We actively try to prevent people commencing consumption of tobacco. If they are foolish enough to do it anyway, we tax them into submission instead. The taxes raised vastly exceed the health costs of treatment and go to benefiting the whole community. Imagine our response to tobacco if it was the same as the proposed response to sugar. We’d be handing our kids a ciggy, resigning ourselves to the inevitability of them eventually needing extensive treatment for lung diseases and jacking the medicare levy up to cover the costs.

Since everyone is in wild agreement that the cause of tooth decay is sugar, why are we not acting to restrict its consumption? Why are we not doing anything to convince people to think twice before shoving it in their gob? Why are we prepared to mutely accept the damage it does and raise taxes to pay for it?
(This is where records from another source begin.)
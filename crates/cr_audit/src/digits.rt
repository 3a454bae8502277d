//! Numbers read from their decimal digits.

ghost use Rattle.std.specs.Prelude.{◌≡◌, ◌<◌, ◌≤◌, ◌↔◌, true, false, length, get_or, decimal, IsTrue, IfSome, IfNone};
ghost use Rattle.std.specs.List.{list_all};
ghost use Rattle.std.specs.Str.Parse.{digits_value};
ghost use Rattle.std.specs.Char.{is_ascii_digit};
ghost use Rattle.cr_model.specs.Texts.{IsNumber, NoneTells};

const GREATEST: u64 = (1 << 63) - 1;

/// The number whose digits these are, where it is at most 2^63 - 1. There are no leading zeros.
pub fn number_of(digits: &[u8]) -> Option<u64>
    ensures some { IfSome result (λ n. IsNumber n × (digits.now ≡ decimal n)) }
    ensures none { IfNone result (NoneTells decimal IsNumber digits.now) }
{
    if !is_plain(digits) {
        return None;
    }
    let Some(number) = sum_of(digits) else {
        return None;
    };
    if number <= GREATEST {
        Some(number)
    } else {
        None
    }
}

// Whether there are 1 to 19 bytes, of which the first is no zero that others follow.
fn is_plain(digits: &[u8]) -> bool
    ensures { IsTrue result ↔ ((0 < length digits.now) × (length digits.now ≤ 19) × (get_or digits.now 0 0 ≡ 48 → length digits.now ≡ 1)) }
{
    match digits.len() {
        0 => false,
        1 => true,
        2..=19 => digits[0] != b'0',
        _ => false,
    }
}

// The number that these bytes write, where each of them is a digit.
fn sum_of(digits: &[u8]) -> Option<u64>
    requires { length digits.now ≤ 19 }
    ensures some { IfSome result (λ sum. (list_all is_ascii_digit digits.now ≡ true) × (sum ≡ digits_value 10 digits.now)) }
    ensures none { IfNone result (list_all is_ascii_digit digits.now ≡ false) }
{
    let mut sum = 0;
    for byte in digits {
        if !byte.is_ascii_digit() {
            return None;
        }
        sum = 10 * sum + u64::from(*byte - b'0');
    }
    Some(sum)
}
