//! Why an audit does not say yes.

use cr_row::NoMemory;
use std::alloc::{AllocError, AllocFailed};
use thiserror::Error;

/// Why a log and a book are not right. Lines count from 1. The first line with a fault decides, and at one line the order
/// below.
#[derive(Clone, Copy, Debug, PartialEq, Eq, Drop, Error)]
pub enum AuditFault {
    /// The input is not three whole blocks: the place of the first byte that is wrong. `audit` never tells it.
    #[error("byte {0} is not that of three blocks")]
    Form(u64),
    /// The line has not the form of a line of the problem's log, or no line feed.
    #[error("line {0} is no line of a log")]
    Line(u64),
    /// The line's node is not the one that is due, no line is due, or the log ends where this line is due.
    #[error("line {0} is not that of the node that is due")]
    Node(u64),
    /// The line's verdict does not hold.
    #[error("the verdict of line {0} does not hold")]
    Verdict(u64),
    /// The log passed, and the book differs from the touches that it proves: the first byte that differs, from 0, or the
    /// shorter length.
    #[error("the book differs at byte {0}")]
    Book(u64),
    /// There was not enough memory.
    #[error("there is no memory")]
    NoMemory,
}

impl From<AllocError> for AuditFault {
    ghost use Rattle.std.specs.Prelude.{◌≡◌};
    ghost use Rattle.cr_audit.specs.declared.fault.AuditFault.TheVariants.{NoMemory};

    ghost from_gives = { λ _ e. e ≡ NoMemory };

    fn from(_refused: AllocError) -> AuditFault {
        AuditFault::NoMemory
    }
}

impl<T: Drop> From<AllocFailed<T>> for AuditFault {
    ghost use Rattle.std.specs.Prelude.{◌≡◌};
    ghost use Rattle.cr_audit.specs.declared.fault.AuditFault.TheVariants.{NoMemory};

    ghost from_gives = { λ _ e. e ≡ NoMemory };

    fn from(_refused: AllocFailed<T>) -> AuditFault {
        AuditFault::NoMemory
    }
}

impl From<NoMemory> for AuditFault {
    ghost use Rattle.std.specs.Prelude.{◌≡◌};
    ghost use Rattle.cr_audit.specs.declared.fault.AuditFault.TheVariants as fault;

    ghost from_gives = { λ _ e. e ≡ fault.NoMemory };

    fn from(_refused: NoMemory) -> AuditFault {
        AuditFault::NoMemory
    }
}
There are many reasons to be worried about sugar consumption. It causes heart disease, stroke, diabetes, obesity and helps cancer grow. But none of these are as black and white as tooth decay. We can’t even muster the political will to do something about preventing a disease that everybody knows is caused by sugar. We’d rather just jack up taxes than attempt any kind of prevention. So we have no hope of doing something about short circuiting the real drivers of the health cost explosion (obesity, heart disease and diabetes).

We’ve got our faces so firmly pressed against his large grey buttocks, that we no longer have any chance of seeing the giant sugary elephant sitting in the room. Before we race to slap a tax band-aid on the most obvious sugar disease, let’s really do something about prevention rather than simply making agreeable noises and having more ‘conversations’ with the Australian people.

Also published in Crikey.

Join the discussion 2 Comments

  • Charles R. says:

    David,

    Love your stuff, and I almost completely agree with your stance on sugar (which I stopped eating in the 70s because of Sugar Blues and Sweet and Dangerous), but I’m not at all sure it causes tooth decay in and of itself.
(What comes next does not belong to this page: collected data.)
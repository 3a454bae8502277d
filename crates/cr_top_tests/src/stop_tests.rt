//! What no clause says: runs that stop, checkpoints that are read, and chains of them, with ample memory.

use crate::test_calls::{Ending, answered, check, ends};
use std::alloc::Global;
use std::sync::Wait;
use std::test::Fail;
use std::thread::Threads;

pub const MINIMUS: &str = "stage = 4
[[method]]
letter = \"A\"
notation = \"x14x14,12\"
[query]
min = 1
max = 24
";

pub const DOUBLES: &str = "stage = 5
[[method]]
letter = \"A\"
notation = \"5.1.5.1.5,125\"
[[call]]
mark = \"b\"
notation = \"145\"
[query]
min = 1
max = 120
";

pub const ALL_DOUBLES: &str =
    "20 bb\n40 pppp\n60 pbpbpb\n100 ppbpbppbpb\n120 pppbpppbpppb\ntouches 5\n";

/// The checkpoint of Plain Bob Doubles in a version, with these lines after the problem.
pub fn checkpoint(alloc: Global, version: &str, lines: &str) -> Result<String, Fail> {
    Ok(format!(in alloc; "ringsearch checkpoint {version}\nproblem 124\n{DOUBLES}\n{lines}")?)
}

// After how many turns a search of Plain Bob Doubles stops, how many bytes its checkpoint has, and its lines after the
// problem.
const STOPS: [(&str, usize, &str, &str); 3] = [
    (
        "0",
        190,
        "found 0\njobs 1\njob 1\n0 -\nend\n",
        "ringsearch: stopped after 0 turns\n",
    ),
    (
        "001",
        200,
        "found 0\njobs 2\njob 1\n0 b\njob 1\n0 p\nend\n",
        "ringsearch: stopped after 1 turns\n",
    ),
    (
        "2",
        205,
        "found 0\njobs 2\njob 1\n0 b\njob 2\n0 pb\n1 p\nend\n",
        "ringsearch: stopped after 2 turns\n",
    ),
];

#[test]
fn a_stopped_search_goes_on(rt: HostRuntime) -> Result<(), Fail> {
    for (turns, length, lines, note) in STOPS {
        let text = checkpoint(rt.alloc(), "2", lines)?;
        let stops = ends(
            &rt,
            &["--turns", turns],
            DOUBLES.as_bytes(),
            (3, &text, note),
        )?;
        check("stopped", stops && text.len() == length)?;
        check(
            "gone on",
            ends(&rt, &[], text.as_bytes(), (0, ALL_DOUBLES, ""))?,
        )?;
    }
    Ok(())
}

// A problem, the turns that are allowed, and the status: the root of Plain Bob Doubles has size 32, that of Plain Bob
// Minimus 4.
const EDGES: &[(&str, &str, u8)] = &[
    (DOUBLES, "31", 3),
    (DOUBLES, "32", 0),
    (MINIMUS, "3", 3),
    (MINIMUS, "4", 0),
];

#[test]
fn a_search_stops_below_its_size(rt: HostRuntime) -> Result<(), Fail> {
    for &(problem, turns, code) in EDGES {
        let (ended, _) = answered(&rt, &["--turns", turns], problem.as_bytes())?;
        check(turns, ended == code)?;
    }
    Ok(())
}

// Goes on after three turns each time to the end, by these workers in turn, and says how often it stopped and what was
// written.
fn chain<R: AllocGlobal + Threads + Wait + Sync>(
    rt: &R,
    input: &str,
    workers: [&'static str; 3],
) -> Result<(usize, Vec<u8>), Fail> {
    let (mut code, mut text) = answered(rt, &["--turns", "3"], input.as_bytes())?;
    for stops in 0..100 {
        if code == 0 {
            return Ok((stops, text));
        }
        (code, text) = answered(
            rt,
            &["--turns", "3", "--workers", workers[stops % 3]],
            &text,
        )?;
    }
    Err(Fail::from("no end"))
}

#[test]
fn chains_of_stops(rt: HostRuntime) -> Result<(), Fail> {
    let first = checkpoint(rt.alloc(), "1", "found 0\njobs 1\njob 1\n-\nend\n")?;
    for (input, workers) in [
        (DOUBLES, ["1", "1", "1"]),
        (first.as_str(), ["5", "2", "1"]),
    ] {
        let (stops, text) = chain(&rt, input, workers)?;
        check(
            "chain",
            stops == 10 && text.as_slice() == ALL_DOUBLES.as_bytes(),
        )?;
    }
    Ok(())
}

// Lines after the problem in version 1 and in version 2 (none where there is none), and how the call ends.
const CHECKPOINTS: &[(&str, &str, Ending<'static>)] = &[
    (
        "found 0\njobs 1\njob 2\np\npb\nend\n",
        "found 0\njobs 1\njob 2\n0 p\n1 b\nend\n",
        (5, "", "ringsearch: checkpoint 7 Overlap 17 18\n"),
    ),
    (
        "found 1\n60 bpbpbp\njobs 1\njob 1\n-\nend\n",
        "found 1\n60 bpbpbp\njobs 1\njob 1\n0 -\nend\n",
        (5, "", "ringsearch: checkpoint 5 NotKept 15\n"),
    ),
    (
        "found 0\njobs 1\njob 1\n-\n",
        "found 0\njobs 1\njob 1\n0 -\n",
        (5, "", "ringsearch: checkpoint 1 Form 18\n"),
    ),
    (
        "found 0\njobs 1\njob 1\np\nend\n",
        "found 0\njobs 1\njob 1\n0 p\nend\n",
        (
            0,
            "40 pppp\n60 pbpbpb\n100 ppbpbppbpb\n120 pppbpppbpppb\ntouches 4\n",
            "",
        ),
    ),
    (
        "found 1\n20 bb\njobs 1\njob 1\nb\nend\n",
        "found 1\n20 bb\njobs 1\njob 1\n0 b\nend\n",
        (5, "", "ringsearch: checkpoint 7 Overlap 15 18\n"),
    ),
    (
        "found 2\n40 pppp\n20 bb\njobs 0\nend\n",
        "found 2\n40 pppp\n20 bb\njobs 0\nend\n",
        (5, "", "ringsearch: checkpoint 6 FoundOrder 16\n"),
    ),
    (
        "found 1\n30 bb\njobs 0\nend\n",
        "found 1\n30 bb\njobs 0\nend\n",
        (5, "", "ringsearch: checkpoint 3 Calling 15\n"),
    ),
    (
        "found 0\njobs 1\njob 1\nppppppppppppp\nend\n",
        "found 0\njobs 1\njob 1\n0 ppppppppppppp\nend\n",
        (5, "", "ringsearch: checkpoint 4 NodeLong 17\n"),
    ),
    (
        "found 1\n20 bb\njobs 0\nend\n",
        "found 1\n20 bb\njobs 0\nend\n",
        (0, "20 bb\ntouches 1\n", ""),
    ),
    (
        "found 2\n20 bb\n20 bb\njobs 0\nend\n",
        "found 2\n20 bb\n20 bb\njobs 0\nend\n",
        (5, "", "ringsearch: checkpoint 6 FoundOrder 16\n"),
    ),
    (
        "found 0\njobs 2\njob 1\np\njob 1\np\nend\n",
        "found 0\njobs 2\njob 1\n0 p\njob 1\n1 -\nend\n",
        (5, "", "ringsearch: checkpoint 7 Overlap 17 19\n"),
    ),
    (
        "",
        "found 0\njobs 1\njob 1\n1 b\nend\n",
        (5, "", "ringsearch: checkpoint 3 Calling 17\n"),
    ),
    (
        "",
        "found 0\njobs 1\njob 2\n0 pb\n0 pp\nend\n",
        (5, "", "ringsearch: checkpoint 3 Calling 18\n"),
    ),
    (
        "found 0\njobs 1\njob 1\n-\nend\n\n",
        "found 0\njobs 1\njob 1\n0 -\nend\n\n",
        (5, "", "ringsearch: checkpoint 1 Form 19\n"),
    ),
];

#[test]
fn checkpoints_are_read(rt: HostRuntime) -> Result<(), Fail> {
    for &(first, second, ending) in CHECKPOINTS {
        for (version, lines) in [("1", first), ("2", second)] {
            if !lines.is_empty() {
                let text = checkpoint(rt.alloc(), version, lines)?;
                check(lines, ends(&rt, &[], text.as_bytes(), ending)?)?;
            }
        }
    }
    Ok(())
}

// How long a front of the checkpoint of the root of Plain Bob Doubles is, in version 1, and its note.
const FRONTS: &[(usize, usize, &str)] = &[
    (0, 0, "ringsearch: problem 2 Key stage\n"),
    (1, 21, "ringsearch: problem 1 NotToml\n"),
    (22, 23, "ringsearch: checkpoint 1 Form 1\n"),
    (24, 159, "ringsearch: checkpoint 1 Form 2\n"),
    (160, 160, "ringsearch: checkpoint 1 Form 13\n"),
    (161, 168, "ringsearch: checkpoint 1 Form 14\n"),
    (169, 175, "ringsearch: checkpoint 1 Form 15\n"),
    (176, 181, "ringsearch: checkpoint 1 Form 16\n"),
    (182, 183, "ringsearch: checkpoint 1 Form 17\n"),
    (184, 187, "ringsearch: checkpoint 1 Form 18\n"),
];

#[test]
fn fronts_of_a_checkpoint(rt: HostRuntime) -> Result<(), Fail> {
    let text = checkpoint(rt.alloc(), "1", "found 0\njobs 1\njob 1\n-\nend\n")?;
    check("188", text.len() == 188)?;
    for &(from, to, note) in FRONTS {
        for length in from..=to {
            let front = text.get(..length).unwrap_or_default();
            let code = if length < 22 { 4 } else { 5 };
            check(note, ends(&rt, &[], front.as_bytes(), (code, "", note))?)?;
        }
    }
    check(
        "whole",
        ends(&rt, &[], text.as_bytes(), (0, ALL_DOUBLES, ""))?,
    )?;
    let unknown = (5, "", "ringsearch: checkpoint 1 Form 1\n");
    check(
        "version 3",
        ends(&rt, &[], b"ringsearch checkpoint 3\n", unknown)?,
    )
}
    If you read Weston Price, it seems pretty clear that it’s a mineral deficiency that opens the teeth up to decay. It’s kind of like blaming all illness on germs. Yeah, the germs are a problem, but the stronger the immune system, the less the germs have an effect.

    I’m pretty sure it’s the same way with teeth. If we’re mineral deficient, our teeth are less resistant to the bacteria that cause decay. Sugar plays a role, but I’m rather thinking that lack of good minerals in most peoples’ diets are making for weaker, more porous and less-resistant teeth.

    Anecdotally, I never had a cavity until I was in my 20s, and I ate tons of sugar and sweets growing up. But I also drank gallons of milk (phosphorus and calcium). I only got cavities after a long flirtation with a strict vegan/macroibiotic diet, when I stopped drinking milk and didn’t get nearly enough minerals. But I also stopped sugar entirely. Result: cavities for the first time in my life.

    Yes, the plural of anecdote isn’t data, but I think my experience, and Weston Price’s, is suggestive at least.